The Burden of Proof:
In Florida, only a grand jury-—that’s a special panel of citizens convened by the prosecution to decide if charges are appropriate—-can enable a prosecutor to file for first degree murder, and it’s much harder to prove at trial than second-degree. So, often times prosecutors will only charge a defendant with second-degree murder even if they think their actions fall under a first-degree murder theory.
That means the prosecutor's theory of the case may or may not involve George Zimmerman premeditating Martin’s death-—or it may merely mean that they think he acted recklessly.
We’ll find out when prosecutors make their opening statement on the first day of trial and we finally get to hear their theory of the case.
Second degree murder isn’t as hard to prove as first degree, but prosecutors still carry what’s called the “burden of proof,” and in criminal law it’s a very high threshold. The state must prove second degree murder beyond any reasonable doubt. A reasonable doubt must be a doubt that comes from the evidence at trial; it cannot be an “imaginary doubt” or a doubt based on conjecture.
Justifiable and Excusable Homicide in Florida as an Affirmative Defense:
In the state of Florida, under Statute 782.02, a person can justifiably use deadly force “when a person is resisting any attempt to murder such person or to commit any felony upon him or upon or in any dwelling house in which such person shall be.” That means a person can legally kill another person if they are defending themselves from another’s attempt to murder them. If they are in their own home, then they have extra protection and can use deadly force to prevent an intruder from committing any felony upon them. This extra protection in one’s home is known as the Castle Doctrine under Florida Statute 776.013.
Under 776.013, a person who is not engaged in an unlawful activity and who is attacked in a place where he or she has a right to be has no duty to retreat. According to Florida law, that person “has the right to stand his or her ground and meet force with force, including deadly force if he or she reasonably believes it is necessary to do so to prevent death or great bodily harm to himself or herself or another or to prevent the commission of a forcible felony.”

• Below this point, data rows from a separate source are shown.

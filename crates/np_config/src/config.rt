//! The configuration as a whole.

ghost use Rattle.std.specs.Prelude.{◌≡◌, slice_get};
ghost use Rattle.std.specs.Option.{option_copied};

use crate::tenant::default_tenant;
use crate::{Fault, Job, Label, Pool, Provider, Requester, Sem, Tenant};
use np_text::{JobId, LabelId, NoMemory, PoolId, RequesterId, SemId, TenantId};
use std::alloc::Global;
use std::marker::Model;

/// A configuration that a text can have. Ids are places in its tables.
#[derive(Drop)]
pub struct Config {
    labels: Vec<Label>,
    providers: Vec<Provider>,
    pools: Vec<Pool>,
    semaphores: Vec<Sem>,
    /// The tenants that are listed.
    tenants: Vec<Tenant>,
    /// The tenant `default`.
    unlisted: Tenant,
    requesters: Vec<Requester>,
    jobs: Vec<Job>,
    faults: Vec<Fault>,
    max_hold_age: u32,
}

impl Model for Config {
    ghost use Rattle.std.specs.Prelude.{◌≡◌};
    ghost use Rattle.np_config.specs.Configuration.{Configuration, configuration, default_tenant, IsSound};

    ghost Value = { Configuration };

    ghost view = { λ c. configuration c.labels.items c.providers.items c.pools.items
        c.semaphores.items c.tenants.items c.requesters.items c.jobs.items c.faults.items
        c.max_hold_age };

    ghost invariant = { λ c. IsSound (configuration c.labels.items c.providers.items
        c.pools.items c.semaphores.items c.tenants.items c.requesters.items c.jobs.items
        c.faults.items c.max_hold_age) × (c.unlisted ≡ default_tenant) };
}

ghost use Rattle.np_config.specs.Configuration.{configuration, tenant_of, IsSound};
ghost use Rattle.std.specs.Prelude.{IfOk};

impl Config {
    /// The configuration with these tables, in which each id is a place. It takes memory for the
    /// tenant `default`, which is not listed.
    pub fn of_parts(
        alloc: Global,
        labels: Vec<Label>,
        providers: Vec<Provider>,
        pools: Vec<Pool>,
        semaphores: Vec<Sem>,
        tenants: Vec<Tenant>,
        requesters: Vec<Requester>,
        jobs: Vec<Job>,
        faults: Vec<Fault>,
        max_hold_age: u32,
    ) -> Result<Config, NoMemory>
        requires { IsSound (configuration labels.items providers.items pools.items
            semaphores.items tenants.items requesters.items jobs.items faults.items max_hold_age) }
        ensures { IfOk result (λ c. c ≡ configuration labels.items providers.items pools.items
            semaphores.items tenants.items requesters.items jobs.items faults.items max_hold_age) }
    {
        let unlisted = default_tenant(alloc)?;
        Ok(Config {
            labels,
            providers,
            pools,
            semaphores,
            tenants,
            unlisted,
            requesters,
            jobs,
            faults,
            max_hold_age,
        })
    }

    /// Every configuration is sound. The call does nothing: a caller's proof takes the fact from it.
    pub fn know_soundness(&self)
        ensures { IsSound self.now }
    {
        let _labels = &self.labels;
    }

    /// The label, or `None` if the id is past the end of the table.
    pub fn label(&self, id: LabelId) -> Option<&Label>
        ensures { option_copied result ≡ slice_get self.now.labels id.0 }
    {
        self.labels.get(id.0 as usize)
    }

    /// The provider at this place, or `None` if the place is past the end of the table.
    pub fn provider(&self, at: u16) -> Option<&Provider>
        ensures { option_copied result ≡ slice_get self.now.providers at }
    {
        self.providers.get(at as usize)
    }

    /// The pool, or `None` if the id is past the end of the table.
    pub fn pool(&self, id: PoolId) -> Option<&Pool>
        ensures { option_copied result ≡ slice_get self.now.pools id.0 }
    {
        self.pools.get(id.0 as usize)
    }

    /// The semaphore, or `None` if the id is past the end of the table.
    pub fn semaphore(&self, id: SemId) -> Option<&Sem>
        ensures { option_copied result ≡ slice_get self.now.semaphores id.0 }
    {
        self.semaphores.get(id.0 as usize)
    }

    /// The tenant, or `None` if the id is past the last one; 0 is the tenant `default`, and those
    /// that are listed count from 1.
    pub fn tenant(&self, id: TenantId) -> Option<&Tenant>
        ensures { option_copied result ≡ tenant_of self.now id }
    {
        if id.0 == 0 {
            return Some(&self.unlisted);
        }
        self.tenants.get((id.0 - 1) as usize)
    }

    /// The requester, or `None` if the id is past the end of the table.
    pub fn requester(&self, id: RequesterId) -> Option<&Requester>
        ensures { option_copied result ≡ slice_get self.now.requesters id.0 }
    {
        self.requesters.get(id.0 as usize)
    }

    /// The job, or `None` if the id is past the end of the table.
    pub fn job(&self, id: JobId) -> Option<&Job>
        ensures { option_copied result ≡ slice_get self.now.jobs id.0 }
    {
        self.jobs.get(id.0 as usize)
    }

    /// The planned fault at this place, or `None` if the place is past the end of the table.
    pub fn fault(&self, at: u32) -> Option<&Fault>
        ensures { option_copied result ≡ slice_get self.now.faults at }
    {
        self.faults.get(at as usize)
    }

    /// After how many ticks a node that is held for its user is removed; 0 is never.
    pub fn max_hold_age(&self) -> u32
        ensures { result ≡ self.now.max_hold_age }
    {
        self.max_hold_age
    }

    /// The table of labels.
    pub fn labels(&self) -> &[Label]
        ensures { result.now ≡ self.now.labels }
    {
        &self.labels
    }

    /// The table of providers.
    pub fn providers(&self) -> &[Provider]
        ensures { result.now ≡ self.now.providers }
    {
        &self.providers
    }

    /// The table of pools, those of the first provider first.
    pub fn pools(&self) -> &[Pool]
        ensures { result.now ≡ self.now.pools }
    {
        &self.pools
    }

    /// The table of semaphores.
    pub fn semaphores(&self) -> &[Sem]
        ensures { result.now ≡ self.now.semaphores }
    {
        &self.semaphores
    }

    /// The tenants that are listed: the one at place `n` has the id `n + 1`.
    pub fn tenants(&self) -> &[Tenant]
        ensures { result.now ≡ self.now.tenants }
    {
        &self.tenants
    }

    /// The table of requesters.
    pub fn requesters(&self) -> &[Requester]
        ensures { result.now ≡ self.now.requesters }
    {
        &self.requesters
    }

    /// The table of jobs, those of the first requester first.
    pub fn jobs(&self) -> &[Job]
        ensures { result.now ≡ self.now.jobs }
    {
        &self.jobs
    }

    /// The planned faults.
    pub fn faults(&self) -> &[Fault]
        ensures { result.now ≡ self.now.faults }
    {
        &self.faults
    }
}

When a defendant uses self defense as a defense it is called an affirmative defense. That means the defendant is admitting they committed the act, but they are asserting that, because of unusual circumstances beyond their control, they are innocent of committing a crime.
In this case, the burden of proof is still on the prosecution, but the burden of production (which side must produce evidence) shifts to the defense, and the defense must prove by a preponderance (more likely than not, or by 51% likelihood) that they were in fact acting in self defense as described above.
Sound complicated? The jurors in each murder case must be able to understand all of this law to make a fair decision for the defendant and the interests of the victim and the state.
The Trayvon Martin Case and Florida Law:
The Florida State Attorney’s Office has charged George Zimmerman with second-degree murder. Therefore, the prosecutors must prove beyond a reasonable doubt that Zimmerman knowingly or recklessly killed Martin, and they can only prevail if Zimmerman does not successfully assert one of many defenses, the most likely being justifiable or excusable homicide. If, in fact, the prosecutors cannot prove second-degree murder, Florida law allows prosecutors to ask jurors to convict a defendant of a lesser degree killing such as third-degree murder or manslaughter. Either way, prosecutors will have to prove the elements of every offense beyond a reasonable doubt.